Osiągnięto kompromis z koalicjantami, aby NATO w pełni przejęło kontrolę nad operacjami w Libii - poinformował szef dyplomacji tureckiej Ahmet Davutoglu. Przekazanie odpowiedzialności za libijskie operacje nastąpi według niego w ciągu 1-2 dni.

Koalicja utworzona po sobotnim spotkaniu w Paryżu jak najszybciej zaniecha misji i powierzy całą operację jednemu systemowi dowodzenia pod auspicjami NATO - powiedział Davutoglu po telekonferencji z szefami resortów spraw zagranicznych USA, Francji i Wielkiej Brytanii. Według Davutoglu, NATO zobowiązało się do zakończenia prac niezbędnych do przejęcia "w ciągu 1-2 dni" kontroli nad operacją w Libii.
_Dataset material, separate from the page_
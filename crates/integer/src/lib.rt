//! Whole numbers: the greatest common divisor, quotients in lowest terms, and the laws of ℤ as an ordered ring.
//! Definitions and laws; no code.
#![tactic(auto)]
Przedstawiciele NATO informowali z kolei, że wprowadzenie ustaleń w życie zajmie 72 godziny - pisze agencja Reutera. Tymczasem anonimowy dyplomata w Brukseli, na którego powołuje się agencja AFP, poinformował, że NATO przejmie kierowanie operacją w Libii w poniedziałek lub we wtorek. Państwa NATO porozumiały się co do rozpoczęcia procesu, który umożliwi im przejęcie kontroli od koalicji w poniedziałek lub we wtorek - poinformowało to źródło.

Wnioski i obawy Turcji zostały wysłuchane - dodał szef tureckiego MSZ, cytowany przez agencję Anatolia. Wcześniej w czwartek turecki parlament zatwierdził decyzję rządu w sprawie przyłączenia się do morskiej operacji NATO, aby egzekwować przestrzeganie oenzetowskiego embarga na dostawy broni do Libii.

Państwa NATO od prawie tygodnia prowadzą twarde negocjacje w Brukseli, próbując porozumieć się co do dokładnej roli, jaką ma pełnić sojusz w operacji w Libii.